At the same time, something about the very awfulness of the current situation of intellectual workers, the enshittification of the Internet and the stupidity of AI and the very poverty of higher education as it has become, has made him one once again to stand up for excellence, socialist excellence of the kind developing in the late 19th and early 20th centuries, when it was the best people (Weber and Durkheim, the Webbs and Bernard Shaw, John Dewey) who took up the idea of building the best society, before the Soviet Union made socialism a synonym for drabness and mediocrity

Now he writes,

One of the reasons I’m so excited about Zohran is that I feel like he gets this in his bones. As I’ve been arguing here, on my blog, and at the New York Review of Books, he doesn’t see socialism and government as the last stop before penury and poverty, as a way of catching people who would otherwise fall, as a safety net. He sees it as a launching pad, as a way of doing great things, great things that all of us can do together, cooperatively, or when necessary, that many of us can do through confrontation....

That lost vision of perfection, of moving toward excellence, should be at the core of the socialism we seek to build. In schools, in healthcare, in housing, in work, in government, in childcare, in universities, in green energy projects, in democracy itself. It is the reason we value human freedom, not just for ourselves but for everyone. Equal freedom for all, as it used to be known.

And that, Pamela Herd and Don Moynihan point out, is what "affordability" is about; not just the "kitchen table" issues we think of when we think of how much struggle our lives require. Affordability is freedom:

While Mamdani talked about affordability—freezing rents and making childcare and buses free—his broader point was to reclaim the meaning of freedom, and the responsibility of government to ensure that we have it.
These policies are not simply about the costs we make free, but the lives we fill with freedom. For too long in our city, freedom has belonged only to those who can afford to buy it. Our City Hall will change that. ... Here, where the language of the New Deal was born, we will return the vast resources of this city to the workers who call it home.
Anyone familiar with FDR’s Four Freedoms speech (or the Norman Rockwell paintings that followed) will recognize the lineage. Mamdani was calling for a modern version of the New Deal coalition, with the matching vision of a government willing and able to fight for the freedoms the New Deal promised.

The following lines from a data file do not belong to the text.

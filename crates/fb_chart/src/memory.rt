//! What the blocks of a device hold.

use crate::{Standing, Store};

/// What a block remembers from one dispatch to the next, beside its values.
#[derive(Clone, Copy)]
pub enum Condition {
    /// The number of a chart's current state: IEC 61499-1 edition 2, 5.2.2.
    State(u16),
    /// What a service remembers.
    Service(Standing),
}

/// What the blocks of a device hold, each by its number: working values of all its variables, issued values of its outputs, and what it remembers.
#[derive(Drop)]
pub struct Memory {
    pub own: Vec<Store>,
    pub issued: Vec<Store>,
    pub conditions: Vec<Condition>,
}
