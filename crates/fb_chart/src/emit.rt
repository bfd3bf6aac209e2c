//! Where emissions go.

ghost use Rattle.std.specs.Prelude.{◌≡◌, ◌<◌, ◌≤◌, ◌+◌, ◌++◌, ◌∷◌, [], length, ℕ, IfSome};
ghost use Rattle.std.specs.List.{AllByRecursion};
ghost use Rattle.st_exec.specs.Cells.{values_of, forms_of};
ghost use Rattle.fb_chart.specs.Sending.{Points};
ghost use Rattle.fb_chart.specs.Sampling.{CanGiveAll};
ghost use Rattle.fb_chart.specs.Charting.{sent_by, issued_by};

use crate::sampling::issue;
use crate::table::{Output, Point};
use st_exec::Store;

/// What takes emissions, one after another: IEC 61499-1 edition 2, 5.2.2.
pub trait Emit {
    /// For how many emissions there is room yet.
    ghost room: { Self → ℕ };

    /// What was emitted so far, in order.
    ghost sent: { Self → Points };

    /// The ghost name of the reference that it writes through, if it holds one.
    ghost reference: { Self → ℕ };

    /// Takes an event input that an emission reaches.
    fn put(&mut self, point: Point)
        requires { 0 < room self.old }
        ensures sent { sent self.new ≡ sent self.old ++ point ∷ [] }
        ensures room { room self.old ≡ room self.new + 1 }
        ensures same_reference { reference self.new ≡ reference self.old };
}

// Emits to each target, in order.
fn put_all<E: Emit>(targets: &[Point], emit: &mut E)
    requires { length targets.now ≤ E.room emit.old }
    ensures sent { E.sent emit.new ≡ E.sent emit.old ++ targets.now }
    ensures room { E.room emit.old ≡ E.room emit.new + length targets.now }
    ensures same_reference { E.reference emit.new ≡ E.reference emit.old }
{
    for target in targets {
        emit.put(*target);
    }
}

/// Emits the event output of a number, if there is one: the data outputs that it is WITH are issued, and each target is emitted to, in order.
pub fn send<E: Emit>(
    outputs: &[Output],
    output: Option<u16>,
    own: &Store,
    issued: &mut Store,
    emit: &mut E,
)
    requires output { IfSome output (λ k. k < length outputs.now) }
    requires gives { AllByRecursion (CanGiveAll (forms_of own.now) (forms_of issued.old)) outputs.now }
    requires room { length (sent_by outputs.now output) ≤ E.room emit.old }
    ensures issued { values_of issued.new ≡ issued_by outputs.now output (values_of own.now) (values_of issued.old) }
    ensures forms { forms_of issued.new ≡ forms_of issued.old }
    ensures sent { E.sent emit.new ≡ E.sent emit.old ++ sent_by outputs.now output }
    ensures room { E.room emit.old ≡ E.room emit.new + length (sent_by outputs.now output) }
    ensures same_reference { E.reference emit.new ≡ E.reference emit.old }
{
    match output {
        None => {}
        Some(number) => {
            let output = &outputs[number as usize];
            issue(&output.gives, own, issued);
            put_all(&output.targets, emit);
        }
    }
}
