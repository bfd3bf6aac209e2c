//! A law of refusals.

ghost use Rattle.std.specs.Prelude.{◌≡◌};
ghost use Rattle.std.specs.List.{AllByRecursion};
ghost use Rattle.fb_model.specs.System.{System};
ghost use Rattle.fb_model.specs.Certificates.{Certificate};
ghost use Rattle.fb_faults.specs.declared.shallow.Shallow.{Shallow};
ghost use Rattle.fb_faults.specs.declared.shallow.Shallow.TheVariants.{OutOfMemory};
ghost use Rattle.fb_check_rows.specs.Depths.{IsDeep};
ghost use Rattle.fb_model.specs.Misfits.{IsShallowFault};

/// A refusal that is true of a certificate and a system denies that all queues are deep enough, unless memory ran out.
pub fn refusals_deny()
    ensures { (cert : Certificate) (s : System) (f : Shallow) → IsShallowFault cert s f → AllByRecursion (IsDeep cert) s.devices → f ≡ OutOfMemory }
{}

I think my favorite thing about Mamdani's vision of excellence, and Robin's too, is that its deepest example is invariably food, generally cooked by immigrants from the taco trucks on every corner we used to talk about when we talked about immigration reform and the halal stalls on every other corner to the fine dining establishments almost entirely staffed by immigrants:

We expect greatness from the cooks wielding a thousand spices, from those who stride out onto Broadway stages, from our starting point guard at Madison Square Garden. Let us demand the same from those who work in government....Where else can you hear the sound of the steelpan, savor the smell of sancocho, and pay $9 for coffee on the same block? Where else could a Muslim kid like me grow up eating bagels and lox every Sunday?

Excellence is grounded, excellence is delicious, excellence is something everybody needs and deserves.